Adapted techniques of explainable artificial intelligence for explaining genetic algorithms on the example of job scheduling

Many evolutionary artificial intelligence (AI) technologies have been applied to assist with job scheduling in manufacturing. One of the main approaches is genetic algorithms (GAs). However, due to their complexity, users may need help understanding or communicating GA applications, preventing their widespread acceptance among factory workers. The concept of explainable AI (XAI) has been proposed to address this issue.

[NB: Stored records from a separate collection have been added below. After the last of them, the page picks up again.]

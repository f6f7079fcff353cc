//! Bytes, lines, line endings, blank lines, indents, and markers of block quotes and list items.
ghost use Rattle.std.specs.Prelude.{◌≡◌, ◌≤◌, ◌<◌, ◌/◌, ◌↔◌, ◌⊎◌, ◌==◌, ℕ, Some, length, reverse, IsTrue, if◌then◌else◌};
ghost use Rattle.std.specs.List.{prefix_len};
ghost use Rattle.std.specs.Str.{IsUtf8};
ghost use Rattle.markdown_scanners_tree.specs.Bytes.{IsBlankLine, begins_with, is_white_space, is_white_space_in_line, is_punctuation, line_ending, line_length};
ghost use Rattle.markdown_scanners_tree.specs.scanners.Indent.{IsIndent};
ghost use Rattle.markdown_scanners_tree.specs.scanners.Lines.{next_line, IsBlockQuoteStart};
ghost use Rattle.markdown_scanners_tree.specs.scanners.list_items.ListItem.{IsListItem};
ghost use Rattle.markdown_scanners_c.specs.Answers.{none, FoundExactly, IsWithin};
ghost use Rattle.markdown_scanners_c.specs.Among.{is_among};
ghost use Rattle.markdown_scanners_c.specs.Status.{ok, too_large};

use crate::status::{NONE, OK, TOO_LARGE};
use markdown_scanners_tree::scanners::{
    calc_indent, is_ascii_punctuation, is_ascii_whitespace, is_ascii_whitespace_no_nl,
    scan_blank_line, scan_blockquote_start, scan_ch, scan_ch_repeat, scan_eol, scan_line,
    scan_listitem, scan_nextline, scan_whitespace_no_nl,
};

/// Space, tab, LF, VT, FF or CR. (CommonMark 0.31.2, section 2.1)
#[unsafe(no_mangle)]
pub extern "C" fn mds_is_whitespace(byte: u8) -> bool
    ensures { result ≡ is_white_space byte }
{
    is_ascii_whitespace(byte)
}

/// White space that ends no line. (CommonMark 0.31.2, section 2.1)
#[unsafe(no_mangle)]
pub extern "C" fn mds_is_whitespace_in_line(byte: u8) -> bool
    ensures { result ≡ is_white_space_in_line byte }
{
    is_ascii_whitespace_no_nl(byte)
}

/// An ASCII punctuation character. (CommonMark 0.31.2, section 2.1)
#[unsafe(no_mangle)]
pub extern "C" fn mds_is_punctuation(byte: u8) -> bool
    ensures { result ≡ is_punctuation byte }
{
    is_ascii_punctuation(byte)
}

/// Whether the bytes are UTF-8.
#[unsafe(no_mangle)]
pub extern "C" fn mds_is_utf8(bytes: &[u8]) -> bool
    ensures { IsTrue result ↔ IsUtf8 bytes.now }
{
    str::from_utf8(bytes).is_ok()
}

/// 1 where the first byte is this one, else 0.
#[unsafe(no_mangle)]
pub extern "C" fn mds_scan_ch(bytes: &[u8], byte: u8) -> usize
    ensures first { result ≡ (if begins_with (λ b. b == byte) bytes.now then 1 else 0) }
    ensures within { result ≤ length bytes.now }
{
    scan_ch(bytes, byte)
}

/// How many of this byte stand at the front.
#[unsafe(no_mangle)]
pub extern "C" fn mds_scan_ch_repeat(bytes: &[u8], byte: u8) -> usize
    ensures run { result ≡ prefix_len (λ b. b == byte) bytes.now }
    ensures within { result ≤ length bytes.now }
{
    scan_ch_repeat(bytes, byte)
}

/// How many bytes from the front are among the accepted ones.
#[unsafe(no_mangle)]
pub extern "C" fn mds_scan_while(bytes: &[u8], accepted: &[u8]) -> usize
    ensures run { result ≡ prefix_len (λ b. is_among accepted.now b) bytes.now }
    ensures within { result ≤ length bytes.now }
{
    bytes.iter().take_while(|b| accepted.contains(*b)).count()
}

/// How many bytes from the back are among the accepted ones.
#[unsafe(no_mangle)]
pub extern "C" fn mds_scan_rev_while(bytes: &[u8], accepted: &[u8]) -> usize
    ensures run { result ≡ prefix_len (λ b. is_among accepted.now b) (reverse bytes.now) }
    ensures within { result ≤ length bytes.now }
{
    bytes
        .iter()
        .rev()
        .take_while(|b| accepted.contains(*b))
        .count()
}

/// How many bytes of white space that ends no line stand at the front.
#[unsafe(no_mangle)]
pub extern "C" fn mds_scan_whitespace_in_line(bytes: &[u8]) -> usize
    ensures run { result ≡ prefix_len is_white_space_in_line bytes.now }
    ensures within { result ≤ length bytes.now }
{
    scan_whitespace_no_nl(bytes)
}

/// The length of the line ending at the front, or `NONE`. (CommonMark 0.31.2, section 2.1)
#[unsafe(no_mangle)]
pub extern "C" fn mds_scan_eol(bytes: &[u8]) -> usize
    ensures found { FoundExactly (λ n. line_ending bytes.now ≡ Some n) result result }
    ensures within { IsWithin bytes.now result }
{
    scan_eol(bytes).unwrap_or(NONE)
}

/// The length of the line at the front, with its ending. (CommonMark 0.31.2, section 2.1)
#[unsafe(no_mangle)]
pub extern "C" fn mds_scan_line(bytes: &[u8]) -> usize
    ensures line { result ≡ line_length bytes.now }
    ensures within { result ≤ length bytes.now }
    ensures rises { 0 < length bytes.now → 0 < result }
{
    scan_line(bytes)
}

/// The offset after the first LF, or the length; a CR ends no line here.
#[unsafe(no_mangle)]
pub extern "C" fn mds_scan_nextline(bytes: &[u8]) -> usize
    ensures line { result ≡ next_line bytes.now }
    ensures within { result ≤ length bytes.now }
{
    scan_nextline(bytes)
}

/// The length of the blank line at the front, or `NONE`. (CommonMark 0.31.2, section 2.1)
#[unsafe(no_mangle)]
pub extern "C" fn mds_scan_blank_line(bytes: &[u8]) -> usize
    ensures found { FoundExactly (IsBlankLine bytes.now) result result }
    ensures within { IsWithin bytes.now result }
{
    scan_blank_line(bytes).unwrap_or(NONE)
}

/// The length of the block quote marker at the front, or `NONE`. (CommonMark 0.31.2, section 5.1)
#[unsafe(no_mangle)]
pub extern "C" fn mds_scan_blockquote_start(bytes: &[u8]) -> usize
    ensures found { FoundExactly (IsBlockQuoteStart bytes.now) result result }
    ensures within { IsWithin bytes.now result }
{
    scan_blockquote_start(bytes).unwrap_or(NONE)
}

/// `struct mds_list_item` of C: a list item's marker, whose length is `NONE` where there is none.
#[repr(C)]
pub struct ListItem {
    pub length: usize,
    pub start: usize,
    pub indent: usize,
    pub delimiter: u8,
}

/// The list item that begins at the front. (CommonMark 0.31.2, section 5.2)
#[unsafe(no_mangle)]
pub extern "C" fn mds_scan_listitem(bytes: &[u8]) -> ListItem
    ensures found { FoundExactly (λ (r : ℕ × ℕ × ℕ × ℕ). IsListItem bytes.now r.0 r.1 r.2 r.3)
        result.length (result.length, result.delimiter, result.start, result.indent) }
    ensures within { IsWithin bytes.now result.length }
    ensures zeros { result.length ≡ none
        → (result.delimiter ≡ 0) × (result.start ≡ 0) × (result.indent ≡ 0) }
{
    match scan_listitem(bytes) {
        Some((length, delimiter, start, indent)) => ListItem {
            length,
            start,
            indent,
            delimiter,
        },
        None => ListItem {
            length: NONE,
            start: 0,
            indent: 0,
            delimiter: 0,
        },
    }
}

/// `struct mds_indent` of C: columns, and the offset of the last byte that was looked at.
#[repr(C)]
pub struct Indent {
    pub status: u32,
    pub offset: usize,
    pub columns: usize,
}

/// The columns of spaces and tabs at the front, up to a limit. (CommonMark 0.31.2, section 2.2)
#[unsafe(no_mangle)]
pub extern "C" fn mds_calc_indent(bytes: &[u8], max: usize) -> Indent
    ensures indent { ((result.status ≡ ok) × (max ≤ usize.MAX / 4)
        × IsIndent bytes.now max result.offset result.columns)
        ⊎ ((result.status ≡ too_large) × (result.offset ≡ 0) × (result.columns ≡ 0)
        × (usize.MAX / 4 < max)) }
    ensures within { result.offset ≤ length bytes.now }
{
    if max > usize::MAX / 4 {
        return Indent {
            status: TOO_LARGE,
            offset: 0,
            columns: 0,
        };
    }
    let (offset, columns) = calc_indent(bytes, max);
    Indent {
        status: OK,
        offset,
        columns,
    }
}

This study reviews existing XAI techniques for explaining GA applications in job scheduling and summarizes the problems existing XAI techniques face. Several novel XAI techniques are proposed to solve these problems, including decision tree-based interpretation, dynamic transformation and contribution diagrams, and improved bar charts. To illustrate the effectiveness of the proposed methodology, it is applied to a case from the literature. According to the experimental results, the proposed methodology can compensate for the deficiencies of existing XAI methods in handling high-dimensional data and visualizing the contribution of feasible solutions, thereby satisfying all the requirements for an effective XAI technique for explaining GA applications in job scheduling. Additionally, the proposed methodology can be easily extended to explain other evolutionary AI applications in job scheduling, such as ant colony optimization (ACO), particle swarm optimization (PSO), and the artificial bee colony (ABC) algorithm.

Automated summary

This study reviews existing XAI techniques for explaining GA applications in job scheduling and proposes several novel XAI techniques to address existing problems. The proposed methodology is able to handle high-dimensional data and visualize the contribution of feasible solutions, satisfying the requirements for an effective XAI technique in explaining GA applications in job scheduling. Additionally, the methodology can be extended to explain other evolutionary AI applications in job scheduling.